Written By Digital Content Editor Thomas Ahearn

On June 20, 2023, the Supreme Court of the United States (SCOTUS) agreed to review the case of Department of Agriculture Rural Development Rural Housing Service v. Kirtz to see whether the civil-liability provisions of the federal Fair Credit Reporting Act (FCRA) unequivocally waive the “sovereign immunity” of the United States.

“The question comes to the court in a case filed by Reginald Kirtz, who contends that although he no longer owed anything on a loan made to him by the Department of Agriculture [USDA], the department reported that his account was 120 days past due, damaging his credit score,” according to a SCOTUSblog explaining the case.

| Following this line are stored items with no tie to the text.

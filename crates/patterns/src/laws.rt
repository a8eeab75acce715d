//! Laws of the definitions, each the contract of a function that does nothing.
ghost use Rattle.std.specs.Prelude.{◌≡◌, ◌↔◌, ◌++◌, ◌∷◌, ◌<◌, ℕ, List, IsTrue, codes, length};
ghost use Rattle.patterns.specs.Quoted.{quoted, text_hits};
ghost use Rattle.patterns.specs.Examples.{WorkedExamples};

/// A name in quotes hits itself in the schema public, and nothing else.
pub fn a_quoted_name_hits_itself()
    ensures { (wanted schema name : List ℕ) → 0 < length wanted
        → IsTrue (text_hits (quoted wanted) schema name) ↔ ((schema ≡ codes "public") × (name ≡ wanted)) }
{}

/// A schema and a name in quotes, with a dot between, hit that name in that schema, and nothing else.
pub fn a_quoted_path_hits_itself()
    ensures { (owner wanted schema name : List ℕ) → 0 < length owner → 0 < length wanted
        → IsTrue (text_hits (quoted owner ++ 46 ∷ quoted wanted) schema name) ↔ ((schema ≡ owner) × (name ≡ wanted)) }
{}

/// `*` hits each name in the schema public, and `*.*` each name in each schema.
pub fn a_star_hits_everything()
    ensures public { (schema name : List ℕ) → IsTrue (text_hits (codes "*") schema name) ↔ (schema ≡ codes "public") }
    ensures all { (schema name : List ℕ) → IsTrue (text_hits (codes "*.*") schema name) }
{}

/// Worked examples, computed from the definitions.
pub fn the_definitions_meet_the_examples()
    ensures { WorkedExamples }
{}
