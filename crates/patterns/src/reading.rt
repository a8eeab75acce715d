//! Patterns out of texts.
ghost use Rattle.std.specs.Prelude.{◌≡◌, [], Some, None, true, false, if◌then◌else◌, IfOk};
ghost use Rattle.patterns.specs.declared.marks.Quotes.TheVariants.{Outside};
ghost use Rattle.patterns.specs.Parts.{parts_from, has_empty};
ghost use Rattle.patterns.specs.Reading.{marks_from, open_from, second_dot_from, fault_of, pattern_of, Gives};

use crate::atom::Part;
use crate::fault::{PatternFault, PatternReadError};
use crate::marks::{Mark, Quotes};
use crate::pattern::Pattern;
use std::alloc::{AllocError, Global};
use std::mem;

/// Where the quotes opened that have no end.
#[tactic(auto, using(crate::proofs::Steps::open_more, crate::proofs::Steps::open_none))]
fn open_quote(text: &[u8]) -> Option<usize>
    ensures { result ≡ open_from Outside 0 text.now }
{
    let mut quotes = Quotes::Outside;
    for (at, byte) in text.iter().enumerate() {
        quotes = quotes.behind(at, *byte);
    }
    quotes.opened()
}

/// The second dot outside quotes.
#[tactic(auto, using(crate::proofs::Steps::dots_more, crate::proofs::Steps::dots_none))]
fn second_dot(text: &[u8]) -> Option<usize>
    ensures { result ≡ second_dot_from Outside false 0 text.now }
{
    let mut quotes = Quotes::Outside;
    let mut dotted = false;
    for (at, byte) in text.iter().enumerate() {
        if let Some(Mark::Dot) = quotes.mark(*byte) {
            if dotted {
                return Some(at);
            }
            dotted = true;
        }
        quotes = quotes.behind(at, *byte);
    }
    None
}

/// Whether some part has no character.
#[tactic(auto, using(crate::proofs::Steps::marks_more, crate::proofs::Steps::marks_none))]
fn has_empty_part(text: &[u8]) -> bool
    ensures { result ≡ has_empty true (marks_from Outside 0 text.now) }
{
    let mut quotes = Quotes::Outside;
    let mut empty = true;
    for (at, byte) in text.iter().enumerate() {
        match quotes.mark(*byte) {
            Some(Mark::Dot) if empty => return true,
            Some(Mark::Dot) => empty = true,
            Some(Mark::Atom(_)) => empty = false,
            None => {}
        }
        quotes = quotes.behind(at, *byte);
    }
    empty
}

/// Why a text is no pattern: the first of `Unclosed`, `TooManyDots` and `Empty` that is due, and None exactly where
/// none is. It takes no memory.
#[tactic(auto, unfolding(crate::specs::Reading::fault_of))]
pub fn pattern_fault(text: &[u8]) -> Option<PatternFault>
    ensures { result ≡ fault_of text.now }
{
    if let Some(at) = open_quote(text) {
        return Some(PatternFault::Unclosed(at));
    }
    if let Some(at) = second_dot(text) {
        return Some(PatternFault::TooManyDots(at));
    }
    if has_empty_part(text) {
        Some(PatternFault::Empty)
    } else {
        None
    }
}

/// The parts of a text.
#[tactic(auto, using(crate::proofs::Steps::marks_more, crate::proofs::Steps::marks_none))]
fn parts(alloc: Global, text: &[u8]) -> Result<Pattern, AllocError>
    ensures { IfOk result (λ p. p ≡ parts_from None [] (marks_from Outside 0 text.now)) }
{
    let mut quotes = Quotes::Outside;
    let mut schema = None;
    let mut name = Part::new(alloc);
    for (at, byte) in text.iter().enumerate() {
        match quotes.mark(*byte) {
            Some(Mark::Dot) => schema = Some(mem::replace(&mut name, Part::new(alloc))),
            Some(Mark::Atom(atom)) => name.push(atom)?,
            None => {}
        }
        quotes = quotes.behind(at, *byte);
    }
    Ok(Pattern::from_parts(schema, name))
}

/// The pattern that a text is. The first dot outside quotes separates the schema from the name. Outside quotes A to Z
/// are made small, `*` stands for any characters, also none, and `?` for one. Inside quotes each byte is itself, and
/// two quotes are one.
///
/// `Fault` comes exactly where `pattern_fault` gives that fault, `Memory` where there is none for the pattern.
/// <https://www.postgresql.org/docs/16/app-psql.html#APP-PSQL-PATTERNS>
#[tactic(auto, unfolding(crate::specs::Reading::pattern_of))]
pub fn pattern_read(alloc: Global, text: &[u8]) -> Result<Pattern, PatternReadError>
    ensures { Gives result (pattern_of text.now) }
{
    if let Some(fault) = pattern_fault(text) {
        return Err(PatternReadError::Fault(fault));
    }
    Ok(parts(alloc, text)?)
}
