//! Which names a pattern hits.
ghost use Rattle.std.specs.Prelude.{◌≡◌, ◌≤◌, List, Option, Some, None, length};
ghost use Rattle.patterns.specs.declared.hits.Left.TheVariants as left;
ghost use Rattle.patterns.specs.Matching.{goes_on, behind_character, matches, schema_matches, hits};
ghost use Rattle.patterns.specs.Left.{left_of, is_found, found_in, seen};

use crate::atom::Atom;
use crate::pattern::Pattern;

/// What is left of a part and of a name where the part was followed up to its first `*`, or to its end.
#[derive(Clone, Copy)]
enum Left<'a, 'b> {
    /// The part has ended; this is left of the name.
    End(&'b [u8]),
    /// The atoms behind the `*`, and the name.
    Many(&'a [Atom], &'b [u8]),
}

/// What stands behind the bytes that go on with a character.
fn behind_character(mut name: &[u8]) -> &[u8]
    ensures { result.now ≡ behind_character name.now }
{
    while let [byte, rest @ ..] = name
        && (128..192).contains(byte)
    {
        name = rest;
    }
    name
}

/// Follows a part up to its first `*`, or to its end. None where the name differs before.
fn follow<'a, 'b>(mut atoms: &'a [Atom], mut name: &'b [u8]) -> Option<Left<'a, 'b>>
    ensures { seen result ≡ left_of atoms.now name.now }
{
    'atoms: while let [atom, later @ ..] = atoms {
        name = match (atom, name) {
            (Atom::Many, _) => return Some(Left::Many(later, name)),
            (Atom::One, [_, rest @ ..]) => behind_character(rest),
            (Atom::Byte(byte), [first, rest @ ..]) if byte == first => rest,
            _ => return None,
        };
        atoms = later;
    }
    Some(Left::End(name))
}

/// Whether the part was followed up to a `*`, or to its end and that of the name.
fn is_found(left: &Option<Left<'_, '_>>) -> bool
    ensures { result ≡ is_found (seen left.now) }
{
    match left {
        None => false,
        Some(Left::End(name)) => name.is_empty(),
        Some(Left::Many(..)) => true,
    }
}

/// Looks for the first place of a name from which a part can be followed up to its next `*`, or to the name's end.
#[tactic(auto, using(crate::proofs::Following::found_here))]
fn find<'a, 'b>(atoms: &'a [Atom], mut name: &'b [u8]) -> Option<Left<'a, 'b>>
    ensures { seen result ≡ found_in atoms.now name.now }
{
    'places: loop {
        let left = follow(atoms, name);
        if is_found(&left) {
            return left;
        }
        match name {
            [] => return None,
            [_, rest @ ..] => name = rest,
        }
    }
}

/// Whether a part is the whole name. What stands before each `*` is followed from the first place that will do, since
/// a later one would leave less: no more than atoms times bytes steps.
#[tactic(auto, using(crate::proofs::Following::left_says, crate::proofs::Following::found_says, crate::proofs::Following::stars_found))]
fn matches(atoms: &[Atom], name: &[u8]) -> bool
    ensures { result ≡ matches atoms.now name.now }
{
    let mut left = follow(atoms, name);
    'parts: loop {
        match left {
            None => return false,
            Some(Left::End(rest)) => return rest.is_empty(),
            Some(Left::Many(later, rest)) => left = find(later, rest),
        }
    }
}

/// Whether a pattern hits the name in the schema: both of its parts are the whole of theirs. A pattern without a
/// schema part hits names in the schema `public` alone. It takes no memory, and no more steps than bytes of the
/// pattern times bytes of schema and name.
#[tactic(auto, unfolding(crate::specs::Matching::hits))]
pub fn pattern_hits(pattern: &Pattern, schema: &str, name: &str) -> bool
    ensures { result ≡ hits pattern.now schema.now name.now }
{
    schema_matches(pattern, schema) && matches(pattern.name().atoms(), name.as_bytes())
}

/// Whether the schema part is the whole name of the schema, which is `public` where there is no part.
fn schema_matches(pattern: &Pattern, schema: &str) -> bool
    ensures { result ≡ schema_matches pattern.now.schema schema.now }
{
    match pattern.schema() {
        None => schema == "public",
        Some(part) => matches(part.atoms(), schema.as_bytes()),
    }
}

  • Kirtz notified the credit union reporting the overdue account of the inaccurate statement by USDA but USDA did not correct it.
  • Kirtz went to federal court in 2020 and alleged that USDA violated the FCRA which requires anyone who provides disputed information to credit reporting agencies to investigate it and, if necessary, correct it.
  • The USDA asked a district court to dismiss the case, arguing that the FCRA did not clearly show that Congress had intended to waive the federal government’s immunity from lawsuits, and the district court agreed.
  • Kirtz appealed to the U.S. Court of Appeals for the 3rd Circuit, which reversed, pointing to the FCRA’s definition of “person” which includes “any ‘government or governmental subdivision or agency.”
  • Moreover, because the federal government is “the nation’s largest employer and creditor,” allowing lawsuits against it for violations of the FCRA would be consistent with the goal of Congress to ensure “fair and accurate credit reporting.”
  • The USDA came to the Supreme Court asking the justices to weigh in.

In March 2023, the USDA filed a petition for a writ of certiorari and SCOTUS granted the petition in June 2023. The case likely will be argued in the fall of 2023. The SCOTUSblog about the case was written by Independent Contractor and Reporter Amy Howe and the article was originally published at Howe on the Court.

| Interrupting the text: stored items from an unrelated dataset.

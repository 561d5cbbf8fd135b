// What rows need of the gates of a plan, one answer for all of them.
ghost use Rattle.std.specs.Prelude.{◌≡◌, ℕ, ◌*◌, ◌-◌, ◌≤◌, eqb, get_or, false, length, true};
ghost use Rattle.base.specs.Pick.{pick};
ghost use Rattle.base.specs.Limits.{most_gates};
ghost use Rattle.base.specs.Fills.{Filled};
ghost use Rattle.selector.specs.Gates.{gate_words, constants_of};
ghost use Rattle.selector.specs.MadeUp.{wanted};
ghost use Rattle.selector.specs.Markers.{marker_ends};

use crate::gates::constants_of;
use crate::made_up::is_wanted;
use selector::{GATE_WORDS, MOST_GATES, Marks};

// How many gates are listed; of each the bits and the steps of its path, zeros without one, 1 where its rows are turned away (23), and its own number of
// constants. The words of gates that are not listed are 0.
#[derive(Clone, Copy)]
pub struct GateRows {
    pub many: u64,
    pub bits: Marks,
    pub steps: Marks,
    pub barred: Marks,
    pub own: Marks,
}

// Whether no gate of kind 1 has the path of zeros: by the kinds of the gates, and by the bits of their paths.
#[tactic(auto, using(crate::proofs::RowsLaws::ends_at))]
pub(crate) fn blocked_by(gates: &[u64], many: usize, bits: &Marks) -> bool
    requires { (many * gate_words ≤ length gates.now) × (many ≤ most_gates) }
    ensures { result ≡ pick (marker_ends (λ (g : ℕ). eqb (get_or bits.now g 0) 0) gates.now many) false true }
{
    for g in 0..many {
        if gates[g * GATE_WORDS] == 1 && bits[g] == 0 {
            return false;
        }
    }
    true
}

// Which of the listed gates have rows that are turned away, those without a selector where they are blocked; and the constants of each, where the lookup gate has `extra`.
#[tactic(auto, using(base::specs::Fills::filled_none, base::specs::Fills::filled_next))]
pub(crate) fn list_gates(
    gates: &[u64],
    many: usize,
    extra: u64,
    blocked: bool,
    barred: &mut Marks,
    own: &mut Marks,
)
    requires { (many * gate_words ≤ length gates.now) × (many ≤ most_gates) × (length barred.old ≡ most_gates) × (length own.old ≡ most_gates) }
    ensures filled { Filled (λ (g : ℕ). pick blocked (1 - wanted gates.now many g) 0) 0 many barred.old barred.new }
    ensures filled_2 { Filled (constants_of extra gates.now) 0 many own.old own.new }
{
    for g in 0..many {
        barred[g] = u64::from(blocked && !is_wanted(gates, many, g));
        own[g] = constants_of(gates, g as u64, extra);
    }
}
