// Planning.
ghost use Rattle.std.specs.Prelude.{◌≡◌, ◌≤◌, length};
ghost use Rattle.selector.specs.Gates.{gate_slots};
ghost use Rattle.refusal.specs.Refusal.{answer_number, answer_or};
ghost use Rattle.tree.specs.Plan.{gate_array, words_number, plan_answer, zero_plan};

use crate::nodes::shape_of;
use crate::plan::Plan;
use crate::refusals::{check_gates, extra_of, words_fit};
use parameters::parameters::Parameters;
use refusal::Refusal;
use selector::{GATE_SLOTS, GATE_WORDS, GateSlots};

// The refusals 1 to 7, the first that comes.
#[tactic(auto, using(crate::proofs::TestLaws::tests), unfolding(crate::specs::Plan::words_number, base::specs::Firsts::or_number))]
fn check_words(parameters: Parameters, gates: &[u64]) -> Result<(), Refusal>
    ensures { answer_number result ≡ words_number parameters gates.now }
{
    parameters.check()?;
    if !words_fit(gates) {
        return Err(Refusal::GateCount);
    }
    let many = gates.len() / GATE_WORDS;
    check_gates(gates, many, parameters.mode, parameters.allowed)
}

// Gate words at the front of a plan's array; the words behind them are 0.
fn in_array(gates: &[u64]) -> GateSlots
    requires { length gates.now ≤ gate_slots }
    ensures { result ≡ gate_array gates.now }
{
    let mut words = [0; GATE_SLOTS];
    words[..gates.len()].copy_from_slice(gates);
    words
}

// The plan for any eight parameter words and any gate words, or the first refusal of 1 to 8.
pub fn plan(parameters: Parameters, gates: &[u64]) -> Result<Plan, Refusal>
    ensures number { answer_number result ≡ (plan_answer parameters gates.now).number }
    ensures plan { answer_or zero_plan result ≡ (plan_answer parameters gates.now).plan }
{
    check_words(parameters, gates)?;
    let many = gates.len() / GATE_WORDS;
    let Some(shape) = shape_of(gates, many, extra_of(parameters.mode)) else {
        return Err(Refusal::NoPlace);
    };
    let kept = in_array(gates);
    let nodes = shape.nodes;
    Ok(Plan {
        trace: parameters.trace,
        copy: parameters.copy,
        allowed: parameters.allowed,
        specialised: parameters.specialised,
        variables: parameters.variables,
        lookup: parameters.lookup(),
        gates: kept,
        gate_count: many as u64,
        nodes,
        node_count: shape.count,
        degree: shape.degree,
        constants: shape.constants,
        factor: shape.factor,
    })
}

Under FCRA 1681s-2(b), a data furnisher receiving notice of a dispute regarding the completeness or accuracy of information provided to a consumer reporting agency (CRA) must conduct an investigation, report the results to the CRA, and modify, delete, or block any disputed information found to be inaccurate or incomplete.

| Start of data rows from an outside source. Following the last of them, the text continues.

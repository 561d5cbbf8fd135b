// Plans and states as words, in the order of their fields.
ghost use Rattle.std.specs.Prelude.{◌≡◌};
ghost use Rattle.writer.specs.Hand.{handed};
ghost use Rattle.encoding.specs.Encoding.{count_words, lookup_fits, marks_at, plan_words, progress_in, progressed};

use columns::take::Counts;
use parameters::parameters::PARAMETER_WORDS;
use selector::{GATE_SLOTS, MOST_GATES, Marks, NODE_SLOTS};
use tree::plan::Plan;
use writer::put::put_words;

// Where the parts of a plan's words stand: parameters and lookup mode first, then gates, their count, nodes, the rest.
pub const GATES_FROM: usize = PARAMETER_WORDS;

pub const COUNT_AT: usize = GATES_FROM + GATE_SLOTS;

pub const NODES_FROM: usize = COUNT_AT + 1;

pub const TAIL_FROM: usize = NODES_FROM + NODE_SLOTS;

// The number of nodes, D, K and F.
const TAIL_LENGTH: usize = 4;

pub const PLAN_WORDS: usize = TAIL_FROM + TAIL_LENGTH;

// Where the parts of a state's words stand: the plan first, then the counts, the marks, the phase.
pub const COUNTS_FROM: usize = PLAN_WORDS;

// Rows, S words, cells, tables and table rows.
const COUNTS_LENGTH: usize = 5;

pub const USED_FROM: usize = COUNTS_FROM + COUNTS_LENGTH;

pub const PHASE_AT: usize = USED_FROM + MOST_GATES;

pub const STATE_WORDS: usize = PHASE_AT + 1;

// Whether some lookup mode has this number, width and flag.
#[tactic(auto, unfolding(crate::specs::Encoding::lookup_fits))]
pub(crate) fn lookup_fits(mode: u64, width: u64, flag: u64) -> bool
    ensures { result ≡ lookup_fits mode width flag }
{
    mode <= 4 && flag <= 1 && (mode != 0 || width == 0 && flag == 0)
}

// The counts as words: rows, S words, cells, tables and table rows.
fn count_words(counts: Counts) -> [u64; COUNTS_LENGTH]
    ensures { result ≡ count_words counts }
{
    [
        counts.rows,
        counts.s_words,
        counts.cells,
        counts.tables,
        counts.table_rows,
    ]
}

// The words of a plan go to the front of a slice; one that is too short keeps all its words.
pub fn encode_plan(plan: Plan, words: &mut [u64])
    ensures { words.new ≡ handed (plan_words plan) words.old }
{
    if words.len() < PLAN_WORDS {
        return;
    }
    let lookup = plan.lookup;
    let head = [
        plan.trace,
        plan.copy,
        plan.allowed,
        plan.specialised,
        plan.variables,
        lookup.mode(),
        lookup.lookup_width(),
        u64::from(lookup.share_table_id()),
    ];
    put_words(&head, 0, words);
    let gates = plan.gates;
    put_words(&gates, GATES_FROM, words);
    words[COUNT_AT] = plan.gate_count;
    let nodes = plan.nodes;
    put_words(&nodes, NODES_FROM, words);
    let tail = [plan.node_count, plan.degree, plan.constants, plan.factor];
    put_words(&tail, TAIL_FROM, words);
}

// What a call changes of a state goes behind the words of its plan, which stay; a slice that is too
// short keeps all its words.
pub fn encode_progress(counts: Counts, used: Marks, words: &mut [u64])
    ensures { words.new ≡ progressed (progress_in counts used) words.old }
{
    if STATE_WORDS <= words.len() {
        put_words(&count_words(counts), COUNTS_FROM, words);
        put_words(&used, USED_FROM, words);
        words[PHASE_AT] = counts.phase;
    }
}

// The same where the marks stay too.
pub fn encode_counts(counts: Counts, words: &mut [u64])
    ensures { words.new ≡ progressed (progress_in counts (marks_at words.old)) words.old }
{
    if STATE_WORDS <= words.len() {
        let tally = count_words(counts);
        put_words(&tally, COUNTS_FROM, words);
        words[PHASE_AT] = counts.phase;
    }
}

Enacted by Congress in 1970, the FCRA 15 U.S.C. § 1681 protects information collected by CRAs such as credit bureaus. Furnishers that provide information to CRAs also have specific legal obligations, including the duty to investigate disputed information. To view a complete copy of the FCRA, click here.

Employment Screening Resources (ESR) is a service offering of ClearStar, a leading Human Resource technology company specializing in background checks, drug testing, and occupational health screening. ClearStar offers workforce screening solutions for employers that comply with the FCRA. To learn more, contact ClearStar.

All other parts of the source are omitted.